Why can't they all just sort things out? It's not quite the same orange, some point out. Others say it's unlikely all but a few people will get confused. Yet others point out easyGroup is hardly in the same league as low-end con artists best known for so-called 'passing off'.

But the row goes deeper than this.

easyMobile will be run by Danish entrepreneur and Stelios Haji-Ioannou's new best friend Frank Rasmussen. He famously went from being a dot-com start-up type to being the person best-known for making the MVNO - that's mobile virtual network operator - model work. (Though we're betting folks over at Virgin Mobile might argue with that claim.)

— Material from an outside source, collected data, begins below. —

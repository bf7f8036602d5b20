// Permutations of variables (01: exchanges), what they do to points and clauses, and that they keep distances. No
// code.
#![tactic(auto)]
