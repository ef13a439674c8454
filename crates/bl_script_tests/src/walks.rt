//! The walk takes each `when` without fault, so that such a line is not read by parts. That it
//! takes no other is proved.
use super::fixtures::base_names;
use bl_walk::plain::{Doubt, plain_script};
use bl_work::names::Names;
use std::alloc::Global;
use std::process::Abort;

/// How many behaviours the walk makes of the line. It promises nothing, which keeps the proofs of its callers short.
fn walked_by(alloc: Global, names: &Names, line: &[u8]) -> Result<usize, Doubt> {
    if line.len() > 8_192 {
        return Err(Doubt::Fault);
    }
    Ok(plain_script(alloc, names, line)?.weight())
}

/// How many behaviours the walk makes of the line, by the base names.
fn walked(alloc: Global, line: &[u8]) -> Result<usize, Doubt> {
    match base_names(alloc) {
        Some(names) => {
            let weight = walked_by(alloc, &names, line);
            drop(names);
            weight
        }
        None => Err(Doubt::Memory),
    }
}

/// Asserts of each line that the walk makes so many behaviours of it, or doubts it.
fn assert_walked(rt: &impl Abort, alloc: Global, lines: &[(&str, Result<usize, Doubt>)]) {
    for (line, weight) in lines {
        assert!(rt; walked(alloc, line.as_bytes()) == *weight, "{line}");
    }
}

#[test]
fn walks_each_statement(rt: HostRuntime) {
    const LINES: &[(&str, Result<usize, Doubt>)] = &[
        ("when read memo do end", Ok(1)),
        ("\t when\twrite memo ,append note do  end ", Ok(1)),
        ("when read memo do show memo; say \"\"; end", Ok(1)),
        ("when write memo do set memo \"x\"; \t end", Ok(1)),
        ("when append memo, read note do add memo \"x\"; end", Ok(1)),
        (
            "when append memo, write note do add memo \"x\"; set note \"y z\"; end",
            Ok(1),
        ),
        (
            "when write memo, write note do copy memo to note; pour note to memo; end",
            Ok(1),
        ),
        (
            "when read memo do if memo is \"\" then end; if memo has\"a\"then show memo; else say\"b\";end;end",
            Ok(1),
        ),
    ];
    assert_walked(&rt, rt.alloc(), LINES);
}

#[test]
fn walks_spawned_behaviours(rt: HostRuntime) {
    const LINES: &[(&str, Result<usize, Doubt>)] = &[
        (
            "when read memo do spawn when append memo do spawn when read log do end; end; \
spawn when read note do end; end",
            Ok(4),
        ),
        (
            "when read memo do if memo is \"\" then spawn when read memo do show memo; end; \
else spawn when read log do end; end; end",
            Ok(3),
        ),
    ];
    assert_walked(&rt, rt.alloc(), LINES);
}

#[test]
fn doubts_other_lines(rt: HostRuntime) {
    const LINES: &[(&str, Result<usize, Doubt>)] = &[
        ("hello bob", Err(Doubt::Fault)),
        ("wait", Err(Doubt::Fault)),
        ("", Err(Doubt::Fault)),
        ("whenever", Err(Doubt::Fault)),
        ("when reader memo do end", Err(Doubt::Fault)),
    ];
    assert_walked(&rt, rt.alloc(), LINES);
}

He did so in Denmark, with Telmore. Telmore did so well at stealing low-spending customers from established networks that eventually it was bought by incumbent TDC. But TDC wasn't the only company feeling the heat.

Orange in Denmark was also hit. According to mobile analyst John Strand of Strand Consult, over a short period Orange spent close to 20 times Telmore's marketing budget but still found it lost out at the low end. It eventually sold up, Telia-Sonera the buyer. A 3G licence was handed back to Danish regulators in January, at a cost to its new owner.

Across a number of its territories, Orange rival T-Mobile is now ceding much of the low end. It is interested in higher-value, less fickle customers who it says shouldn’t subsidise budget users, at least that's to paraphrase the stance of T-Mobile chief exec René Obermann.

Such an approach is clearly positioning a big, established mobile brand as a place for business customers.

Why should we be surprised that T-Mobile embraces the MVNO model? It provides the infrastructure for the likes of Virgin Mobile, as of yesterday newbie ToucanMobile, an offshoot of IDT's fixed line consumer telephony brand, and soon easyMobile, naturally.

Orange and easyGroup are arguing about a colour and branding they both hold dear. But don't go thinking their animosity doesn't stretch farther.